Puck is based on the research in two papers:

  • David Hall, Taylor Berg-Kirkpatrick, John Canny, and Dan Klein. 2014. Better, Faster, Sparser GPU Parsing. To Appear in Proceedings of the Association for Computational Linguistics.
  • John Canny, David Hall, and Dan Klein. 2013. A multi-Teraflop Constiuency Parser using GPUs. In Proceedings of Empirical Methods in Natural Language Processing.

Documentation

Puck has three main classes. The first is for compiling the GPU representation of a grammar, the second is for parsing with that grammar, and the third is for experimental use. Running --help with any of these commands will list all options.

Obtaining Puck

A prebuilt version of puck can be downloaded from http://www.scalanlp.org/releases/puck-assembly-0.2.jar. Plain text grammar files (needed to set up a parser) can be obtained from this repository in the textGrammars/ directory.

Building Puck

This project can be built with sbt 0.23. Run sbt assembly to create a fat jar in target/scala-2.10/

Compiling a Grammar

The first step in using Puck is to compile a grammar to GPU code. The best way to do this is to run the command

java -Xmx4g -cp target/scala-2.10/puck-assembly-0.2.jar puck.parser.CompileGrammar --textGrammarPrefix textGrammars/wsj_1.gr:textGrammars/wsj_6.gr --grammar grammar.grz

This command will take a long time: up to an hour. When it's finished, this program will produce a parser equivalent to the one used in the 2014 paper in a file called grammar.grz. The textGrammarPrefix argument accepts a sequence of plain text grammars, separated by colons. We have provided the cascade of grammars used in the Berkeley Parser for English. In practice, using wsj_1 and wsj_6 gives you all the benefit for GPU grammars.

Running the parser

The parser can be run with:

java -Xmx4g -cp target/scala-2.10/puck-assembly-0.2.jar puck.parser.RunParser --grammar grammar.grz <input files>

This will output 1 tree per line to files named [input file name].parsed. By default it will skip sentences longer than 50 words, printing out "(())" instead. If no files are listed, it will read from standard input.
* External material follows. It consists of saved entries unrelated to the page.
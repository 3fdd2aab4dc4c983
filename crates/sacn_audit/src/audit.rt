//! The audit of one stream.

ghost use Rattle.std.specs.Prelude.{◌≡◌};
ghost use Rattle.sacn_audit.specs.Breaches.{breach_of};
ghost use Rattle.sacn_audit.specs.Audits.{after_packet, copies_after, counted, ends_after, first_audit, is_close_end, is_continued, is_short_change, is_short, is_silent, judged, leaves_out, levels_after};
ghost use Rattle.sacn_audit.specs.Rules.{is_late};

use crate::breach::{Breach, Breaches};
use crate::content::Content;
use crate::delivery::Delivery;
use crate::limits::{
    COPIES, COPIES_IN_A_ROW, LONGEST_GAP, LONGEST_REPEAT, SHORTEST_BETWEEN_ENDS, TURNS,
};
use crate::number_habits::{NumberHabits, passes_over};
use crate::pace::Pace;
use crate::rule::Rule;
use crate::sight::Sight;
use sacn_packets::{DataView, NULL_START_CODE};

/// Which rules the packets of one stream break: those of one source on one universe. No call takes memory.
///
/// Moments are in milliseconds of one clock, and are handed in so that none is before an earlier one; one that is counts as the
/// latest.
#[derive(Drop)]
pub struct StreamAudit {
    // The moment of the latest packet.
    moment: u64,
    // The latest packet, and its slots.
    latest: Sight,
    content: Content,
    // The moment of the latest packet with levels, where nothing was lost since, and the stream didn't end.
    levels: Option<u64>,
    pace: Pace,
    habits: NumberHabits,
    // The latest packets in a row that end the stream: 3 for three or more.
    ends: u8,
    // The packets so far with the latest levels, where these were seen to change: 0 once three have them.
    copies: u8,
    breaches: Breaches,
}

impl StreamAudit {
    /// The audit of a stream whose first packet this is, with what came with it.
    pub fn begin(moment: u64, delivery: Delivery, packet: &DataView<'_>) -> Self
        ensures { result ≡ first_audit moment delivery packet.now }
    {
        let sight = Sight::of(delivery, packet);
        let mut breaches = Breaches::none();
        breaches.judge_alone(moment, sight);
        let levels = if sight.start == NULL_START_CODE {
            Some(moment)
        } else {
            None
        };
        StreamAudit {
            moment,
            latest: sight,
            content: Content::of(packet.slots()),
            levels,
            pace: Pace::begin(moment),
            habits: NumberHabits::first(),
            ends: ends_after(sight.terminated, 0),
            copies: 0,
            breaches,
        }
    }

    /// One packet more, with what came with it.
    pub fn hear(&mut self, moment: u64, delivery: Delivery, packet: &DataView<'_>)
        ensures { self.new ≡ after_packet moment delivery packet.now self.old }
    {
        let moment = moment.max(self.moment);
        let sight = Sight::of(delivery, packet);
        let slots = packet.slots();
        let is_same = self.content.is_same(slots);
        self.count(moment, sight);
        self.judge(moment, sight);
        self.levels = self.levels_after(moment, sight);
        self.copies = copies_after(sight.carries_on(self.latest), is_same, self.copies);
        self.moment = moment;
        self.latest = sight;
        self.ends = ends_after(sight.terminated, self.ends);
        if !is_same {
            self.content.set(slots);
        }
    }

    /// How often a rule was broken, and when.
    pub fn breach_of(&self, rule: Rule) -> Breach
        ensures { result ≡ breach_of rule self.now.breaches }
    {
        self.breaches.of(rule)
    }

    /// Whether the stream has ended by now with fewer than three packets that end it (E1.31, 6.2.6). Where nothing follows, this
    /// is a breach of `Rule::ShortEnd` that isn't counted yet.
    pub fn is_short_end(&self) -> bool
        ensures { result ≡ is_short self.now.ends }
    {
        0 < self.ends && self.ends < COPIES
    }

    /// The moment of the latest packet: the greatest that was handed in.
    pub fn moment(&self) -> u64
        ensures { result ≡ self.now.moment }
    {
        self.moment
    }

    /// Whether the latest packet ends the stream.
    pub fn is_ended(&self) -> bool
        ensures { result ≡ self.now.latest.terminated }
    {
        self.latest.terminated
    }

    // Counts a packet, by its moment and its number.
    fn count(&mut self, moment: u64, sight: Sight)
        ensures { self.new ≡ counted moment sight self.old }
    {
        self.pace.count(moment);
        self.habits = self.habits.after(self.latest.number, sight.number);
    }

    // Notes which rules a packet breaks. The pace and the habits count it already, and all else is of those before it.
    fn judge(&mut self, moment: u64, sight: Sight)
        ensures { self.new ≡ (record self.old { breaches = judged moment sight self.old }) }
    {
        let is_silent = self.is_silent(moment, sight);
        let is_short_change = self.is_short_change(moment, sight);
        let had_short_end = !sight.terminated & self.is_short_end();
        let is_close_end = self.is_close_end(moment, sight);
        let is_too_fast = self.pace.is_too_fast();
        let stays = self.habits.same == COPIES_IN_A_ROW;
        let leaves_out = self.leaves_out(sight);
        self.breaches.too_fast.note_if(is_too_fast, moment);
        self.breaches.silent.note_if(is_silent, moment);
        self.breaches.short_change.note_if(is_short_change, moment);
        self.breaches.short_end.note_if(had_short_end, moment);
        self.breaches.close_ends.note_if(is_close_end, moment);
        self.breaches.number_stays.note_if(stays, moment);
        self.breaches.number_left_out.note_if(leaves_out, moment);
        self.breaches.judge_alone(moment, sight);
    }

    // Whether levels come after too long a silence.
    fn is_silent(&self, moment: u64, sight: Sight) -> bool
        ensures { result ≡ is_silent moment sight self.now }
    {
        self.is_continued(sight) & (sight.start == NULL_START_CODE) & is_late(moment, self.levels)
    }

    // The moment of the latest levels after a packet more.
    fn levels_after(&self, moment: u64, sight: Sight) -> Option<u64>
        ensures { result ≡ levels_after moment sight self.now }
    {
        if sight.start == NULL_START_CODE {
            return Some(moment);
        }
        if self.is_continued(sight) {
            self.levels
        } else {
            None
        }
    }

    // Whether a packet passes over a number that is left out by habit.
    fn leaves_out(&self, sight: Sight) -> bool
        ensures { result ≡ leaves_out sight self.now }
    {
        passes_over(self.latest.number, sight.number) & (self.habits.turns == TURNS)
    }

    // Whether the latest content wasn't repeated.
    fn is_short_change(&self, moment: u64, sight: Sight) -> bool
        ensures { result ≡ is_short_change moment sight self.now }
    {
        self.is_continued(sight)
            & (moment.saturating_sub(self.moment) > LONGEST_REPEAT)
            & (self.copies > 0)
    }

    // Whether a packet ends the stream as the latest one does, too soon after it.
    fn is_close_end(&self, moment: u64, sight: Sight) -> bool
        ensures { result ≡ is_close_end moment sight self.now }
    {
        sight.terminated
            & self.latest.terminated
            & (moment.saturating_sub(self.moment) < SHORTEST_BETWEEN_ENDS)
    }

    // Whether nothing was lost between the latest packet and the next one, and the stream hadn't ended.
    fn is_continued(&self, sight: Sight) -> bool
        ensures { result ≡ is_continued sight self.now }
    {
        sight.is_after(self.latest) & !self.latest.terminated
    }
}

// Whether a moment is too long after that of levels, where there is one.
fn is_late(moment: u64, levels: Option<u64>) -> bool
    ensures { result ≡ is_late moment levels }
{
    match levels {
        Some(earlier) => moment.saturating_sub(earlier) > LONGEST_GAP,
        None => false,
    }
}

// The packets in a row that end the stream, after one more: 3 for three or more.
fn ends_after(terminated: bool, ends: u8) -> u8
    ensures { result ≡ ends_after terminated ends }
{
    if terminated {
        ends.saturating_add(1).min(COPIES)
    } else {
        0
    }
}

// The packets with levels that have changed, after one more, which goes on from the latest or doesn't, with its slots or with others.
fn copies_after(goes_on: bool, is_same: bool, copies: u8) -> u8
    ensures { result ≡ copies_after goes_on is_same copies }
{
    match (goes_on, is_same) {
        (true, false) => 1,
        (true, true) if copies == 1 => 2,
        _ => 0,
    }
}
If the sentences are already split up into one sentence per line, use --sentences newline. If the words are already tokenized into PTB tokens, use --tokens whitespace.

Initializing the parser can take 2-3 minutes, longer if it's your first time starting the parser. So this parser is only worth your time if you plan on parsing a lot of text. Also note that you won't get 400 sentences a second if you aren't parsing a lot of sentences.

Experiments

We benchmarked our parser by running it on the treebank.

java -cp target/scala-2.10/puck-assembly-0.2.jar puck.parser.CLParser --maxParseLength 40 --treebank.path /path/to/treebank/wsj --maxLength 40 --numToParse 20000  --reproject false --viterbi true  --cache false --textGrammarPrefix textGrammars/wsj_1.gr:textGrammars/wsj_6.gr --mem 4g --device 680"

Should reproduce.

Acknowledgements

David Hall is supported by a Google PhD Fellowship. Taylor Berg-Kirkpatrick is supported by a Qualcomm fellowship. We gratefully acknowledge the support of NVIDIA Corporation with the donation of the Tesla K40 GPU used for this research.